Stored records:
========

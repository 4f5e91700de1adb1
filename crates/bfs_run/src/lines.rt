// All lines of a script, one after the other.
ghost use Rattle.std.specs.Prelude.{◌≡◌, ◌≤◌, ◌<◌, ◌+◌, ℕ, [], Some, take, length, OnOk, OnErr};
ghost use Rattle.std.specs.List.{All, slice_get};
ghost use Rattle.bfs_tree.specs.Histories.{Mounted};
ghost use Rattle.bfs_device_blocks.specs.Lent.{HasCore};
ghost use Rattle.bfs_core.specs.Moments.{Adoption};
ghost use Rattle.bfs_command.specs.Forms.{IsLineInForm};
ghost use Rattle.bfs_command.specs.Spelled.{Spelled, SpelledSoFar};
ghost use Rattle.bfs_volume.specs.Stamps.{HasDrawn};
ghost use Rattle.bfs_volume.specs.Failing.{HasFailures};

use crate::line::run_line;
use crate::watch::Watcher;
use bfs_command::{Line, line_is_spelled, nothing_is_spelled, stop_is_spelled};
use bfs_disk::Disk;
use bfs_ports::Clock;
use bfs_script::Script;
use bfs_volume::Volume;
use std::alloc::{AllocError, Global};

/// Runs the line of a place, behind those in front of it.
fn run_read<D: Disk, C: Clock>(
    alloc: Global,
    volume: &mut Volume<D, C>,
    root: u64,
    script: &Script,
    at: usize,
    line: &Line,
) -> Result<(), AllocError>
    requires item { slice_get script.now at ≡ Some line.now }
    requires line { IsLineInForm line.now }
    requires spelled { Spelled root volume.old.space.view.history (take at script.now) }
    ensures spelled { OnOk result (Spelled root volume.new.space.view.history (take (at + 1) script.now)) }
    ensures so_far { OnErr result (SpelledSoFar root volume.new.space.view.history script.now) }
    ensures clock { C.stands volume.new.clock ≡ C.stands volume.old.clock }
    ensures stamps { (s : ℕ) → C.stands volume.old.clock ≡ Some s → HasDrawn volume.old.space.view.history volume.new.space.view.history s }
    ensures core { (t0 : Mounted) (adopted : Adoption) → HasCore t0 adopted volume.old.space.view volume.old.device.books (D.state volume.old.device.disk) (D.clock volume.old.device.disk) (D.since volume.old.device.disk)
        → HasCore t0 adopted volume.new.space.view volume.new.device.books (D.state volume.new.device.disk) (D.clock volume.new.device.disk) (D.since volume.new.device.disk) }
    ensures later { D.faults volume.old.device.disk ≤ D.faults volume.new.device.disk }
    ensures disk_clock { D.clock volume.old.device.disk ≤ D.clock volume.new.device.disk }
    ensures failures { HasFailures volume.old.space.view.history volume.new.space.view.history volume.old.device.books.stop volume.new.device.books.stop (D.faults volume.old.device.disk) (D.faults volume.new.device.disk) (D.stops volume.old.device.disk) (D.stops volume.new.device.disk) }
{
    let _ = script;
    let _ = at;
    line_is_spelled();
    stop_is_spelled();
    match run_line(alloc, volume, root, line) {
        Ok(()) => Ok(()),
        Err(fault) => Err(fault),
    }
}

/// Reads the line at a place, and runs it.
fn run_next<D: Disk, C: Clock>(
    alloc: Global,
    volume: &mut Volume<D, C>,
    root: u64,
    script: &Script,
    at: usize,
) -> Result<(), AllocError>
    requires at { at < length script.now }
    requires form { All IsLineInForm script.now }
    requires spelled { Spelled root volume.old.space.view.history (take at script.now) }
    ensures spelled { OnOk result (Spelled root volume.new.space.view.history (take (at + 1) script.now)) }
    ensures so_far { OnErr result (SpelledSoFar root volume.new.space.view.history script.now) }
    ensures clock { C.stands volume.new.clock ≡ C.stands volume.old.clock }
    ensures stamps { (s : ℕ) → C.stands volume.old.clock ≡ Some s → HasDrawn volume.old.space.view.history volume.new.space.view.history s }
    ensures core { (t0 : Mounted) (adopted : Adoption) → HasCore t0 adopted volume.old.space.view volume.old.device.books (D.state volume.old.device.disk) (D.clock volume.old.device.disk) (D.since volume.old.device.disk)
        → HasCore t0 adopted volume.new.space.view volume.new.device.books (D.state volume.new.device.disk) (D.clock volume.new.device.disk) (D.since volume.new.device.disk) }
    ensures later { D.faults volume.old.device.disk ≤ D.faults volume.new.device.disk }
    ensures disk_clock { D.clock volume.old.device.disk ≤ D.clock volume.new.device.disk }
    ensures failures { HasFailures volume.old.space.view.history volume.new.space.view.history volume.old.device.books.stop volume.new.device.books.stop (D.faults volume.old.device.disk) (D.faults volume.new.device.disk) (D.stops volume.old.device.disk) (D.stops volume.new.device.disk) }
{
    stop_is_spelled();
    match script.line(alloc, at) {
        Ok(line) => run_read(alloc, volume, root, script, at, &line),
        Err(fault) => Err(fault),
    }
}

/// Tells a watcher how many lines are run.
fn tell<D: Disk, C: Clock, P: Watcher>(
    volume: &Volume<D, C>,
    done: usize,
    all: usize,
    watcher: &P,
) {
    let entries = volume.history().len() as u64;
    watcher.lines(done as u64, all as u64, entries, volume.groups());
}

/// Runs the lines of a script on a volume, one after the other, as one worker does; their paths begin at `root`. Where no memory is found it stops:
/// the entries so far are the first of those of the lines. Behind each line the watcher is told how far it has come.
pub fn run_script<D: Disk, C: Clock, P: Watcher>(
    alloc: Global,
    volume: &mut Volume<D, C>,
    root: u64,
    script: &Script,
    watcher: &P,
) -> Result<(), AllocError>
    requires form { All IsLineInForm script.now }
    requires fresh { volume.old.space.view.history ≡ [] }
    ensures spelled { OnOk result (Spelled root volume.new.space.view.history script.now) }
    ensures so_far { OnErr result (SpelledSoFar root volume.new.space.view.history script.now) }
    ensures clock { C.stands volume.new.clock ≡ C.stands volume.old.clock }
    ensures stamps { (s : ℕ) → C.stands volume.old.clock ≡ Some s → HasDrawn volume.old.space.view.history volume.new.space.view.history s }
    // What the volume was over what its disk tells, it is.
    ensures core { (t0 : Mounted) (adopted : Adoption) → HasCore t0 adopted volume.old.space.view volume.old.device.books (D.state volume.old.device.disk) (D.clock volume.old.device.disk) (D.since volume.old.device.disk)
        → HasCore t0 adopted volume.new.space.view volume.new.device.books (D.state volume.new.device.disk) (D.clock volume.new.device.disk) (D.since volume.new.device.disk) }
    ensures later { D.faults volume.old.device.disk ≤ D.faults volume.new.device.disk }
    ensures disk_clock { D.clock volume.old.device.disk ≤ D.clock volume.new.device.disk }
    ensures failures { HasFailures volume.old.space.view.history volume.new.space.view.history volume.old.device.books.stop volume.new.device.books.stop (D.faults volume.old.device.disk) (D.faults volume.new.device.disk) (D.stops volume.old.device.disk) (D.stops volume.new.device.disk) }
{
    nothing_is_spelled();
    'lines: for at in 0..script.len() {
        match run_next(alloc, volume, root, script, at) {
            Ok(()) => tell(volume, at + 1, script.len(), watcher),
            Err(fault) => return Err(fault),
        }
    }
    Ok(())
}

========

== Aim of the exercise ==
All records are to be restated exactly, from the first line to the last line.

== Completed task ==
repository 4f5e91700de1adb1
filename crates/bfs_run/src/lines.rt
// All lines of a script, one after the other.
ghost use Rattle.std.specs.Prelude.{◌≡◌, ◌≤◌, ◌<◌, ◌+◌, ℕ, [], Some, take, length, OnOk, OnErr};
ghost use Rattle.std.specs.List.{All, slice_get};
ghost use Rattle.bfs_tree.specs.Histories.{Mounted};
ghost use Rattle.bfs_device_blocks.specs.Lent.{HasCore};
ghost use Rattle.bfs_core.specs.Moments.{Adoption};
ghost use Rattle.bfs_command.specs.Forms.{IsLineInForm};
ghost use Rattle.bfs_command.specs.Spelled.{Spelled, SpelledSoFar};
ghost use Rattle.bfs_volume.specs.Stamps.{HasDrawn};
ghost use Rattle.bfs_volume.specs.Failing.{HasFailures};

use crate::line::run_line;
use crate::watch::Watcher;
use bfs_command::{Line, line_is_spelled, nothing_is_spelled, stop_is_spelled};
use bfs_disk::Disk;
use bfs_ports::Clock;
use bfs_script::Script;
use bfs_volume::Volume;
use std::alloc::{AllocError, Global};

/// Runs the line of a place, behind those in front of it.
fn run_read<D: Disk, C: Clock>(
    alloc: Global,
    volume: &mut Volume<D, C>,
    root: u64,
    script: &Script,
    at: usize,
    line: &Line,
) -> Result<(), AllocError>
    requires item { slice_get script.now at ≡ Some line.now }
    requires line { IsLineInForm line.now }
    requires spelled { Spelled root volume.old.space.view.history (take at script.now) }
    ensures spelled { OnOk result (Spelled root volume.new.space.view.history (take (at + 1) script.now)) }
    ensures so_far { OnErr result (SpelledSoFar root volume.new.space.view.history script.now) }
    ensures clock { C.stands volume.new.clock ≡ C.stands volume.old.clock }
    ensures stamps { (s : ℕ) → C.stands volume.old.clock ≡ Some s → HasDrawn volume.old.space.view.history volume.new.space.view.history s }
    ensures core { (t0 : Mounted) (adopted : Adoption) → HasCore t0 adopted volume.old.space.view volume.old.device.books (D.state volume.old.device.disk) (D.clock volume.old.device.disk) (D.since volume.old.device.disk)
        → HasCore t0 adopted volume.new.space.view volume.new.device.books (D.state volume.new.device.disk) (D.clock volume.new.device.disk) (D.since volume.new.device.disk) }
    ensures later { D.faults volume.old.device.disk ≤ D.faults volume.new.device.disk }
    ensures disk_clock { D.clock volume.old.device.disk ≤ D.clock volume.new.device.disk }
    ensures failures { HasFailures volume.old.space.view.history volume.new.space.view.history volume.old.device.books.stop volume.new.device.books.stop (D.faults volume.old.device.disk) (D.faults volume.new.device.disk) (D.stops volume.old.device.disk) (D.stops volume.new.device.disk) }
{
    let _ = script;
    let _ = at;
    line_is_spelled();
    stop_is_spelled();
    match run_line(alloc, volume, root, line) {
        Ok(()) => Ok(()),
        Err(fault) => Err(fault),
    }
}

/// Reads the line at a place, and runs it.
fn run_next<D: Disk, C: Clock>(
    alloc: Global,
    volume: &mut Volume<D, C>,
    root: u64,
    script: &Script,
    at: usize,
) -> Result<(), AllocError>
    requires at { at < length script.now }
    requires form { All IsLineInForm script.now }
    requires spelled { Spelled root volume.old.space.view.history (take at script.now) }
    ensures spelled { OnOk result (Spelled root volume.new.space.view.history (take (at + 1) script.now)) }
    ensures so_far { OnErr result (SpelledSoFar root volume.new.space.view.history script.now) }
    ensures clock { C.stands volume.new.clock ≡ C.stands volume.old.clock }
    ensures stamps { (s : ℕ) → C.stands volume.old.clock ≡ Some s → HasDrawn volume.old.space.view.history volume.new.space.view.history s }
    ensures core { (t0 : Mounted) (adopted : Adoption) → HasCore t0 adopted volume.old.space.view volume.old.device.books (D.state volume.old.device.disk) (D.clock volume.old.device.disk) (D.since volume.old.device.disk)
        → HasCore t0 adopted volume.new.space.view volume.new.device.books (D.state volume.new.device.disk) (D.clock volume.new.device.disk) (D.since volume.new.device.disk) }
    ensures later { D.faults volume.old.device.disk ≤ D.faults volume.new.device.disk }
    ensures disk_clock { D.clock volume.old.device.disk ≤ D.clock volume.new.device.disk }
    ensures failures { HasFailures volume.old.space.view.history volume.new.space.view.history volume.old.device.books.stop volume.new.device.books.stop (D.faults volume.old.device.disk) (D.faults volume.new.device.disk) (D.stops volume.old.device.disk) (D.stops volume.new.device.disk) }
{
    stop_is_spelled();
    match script.line(alloc, at) {
        Ok(line) => run_read(alloc, volume, root, script, at, &line),
        Err(fault) => Err(fault),
    }
}

/// Tells a watcher how many lines are run.
fn tell<D: Disk, C: Clock, P: Watcher>(
    volume: &Volume<D, C>,
    done: usize,
    all: usize,
    watcher: &P,
) {
    let entries = volume.history().len() as u64;
    watcher.lines(done as u64, all as u64, entries, volume.groups());
}

/// Runs the lines of a script on a volume, one after the other, as one worker does; their paths begin at `root`. Where no memory is found it stops:
/// the entries so far are the first of those of the lines. Behind each line the watcher is told how far it has come.
pub fn run_script<D: Disk, C: Clock, P: Watcher>(
    alloc: Global,
    volume: &mut Volume<D, C>,
    root: u64,
    script: &Script,
    watcher: &P,
) -> Result<(), AllocError>
    requires form { All IsLineInForm script.now }
    requires fresh { volume.old.space.view.history ≡ [] }
    ensures spelled { OnOk result (Spelled root volume.new.space.view.history script.now) }
    ensures so_far { OnErr result (SpelledSoFar root volume.new.space.view.history script.now) }
    ensures clock { C.stands volume.new.clock ≡ C.stands volume.old.clock }
    ensures stamps { (s : ℕ) → C.stands volume.old.clock ≡ Some s → HasDrawn volume.old.space.view.history volume.new.space.view.history s }
    // What the volume was over what its disk tells, it is.
    ensures core { (t0 : Mounted) (adopted : Adoption) → HasCore t0 adopted volume.old.space.view volume.old.device.books (D.state volume.old.device.disk) (D.clock volume.old.device.disk) (D.since volume.old.device.disk)
        → HasCore t0 adopted volume.new.space.view volume.new.device.books (D.state volume.new.device.disk) (D.clock volume.new.device.disk) (D.since volume.new.device.disk) }
    ensures later { D.faults volume.old.device.disk ≤ D.faults volume.new.device.disk }
    ensures disk_clock { D.clock volume.old.device.disk ≤ D.clock volume.new.device.disk }
    ensures failures { HasFailures volume.old.space.view.history volume.new.space.view.history volume.old.device.books.stop volume.new.device.books.stop (D.faults volume.old.device.disk) (D.faults volume.new.device.disk) (D.stops volume.old.device.disk) (D.stops volume.new.device.disk) }
{
    nothing_is_spelled();
    'lines: for at in 0..script.len() {
        match run_next(alloc, volume, root, script, at) {
            Ok(()) => tell(volume, at + 1, script.len(), watcher),
            Err(fault) => return Err(fault),
        }
    }
    Ok(())
}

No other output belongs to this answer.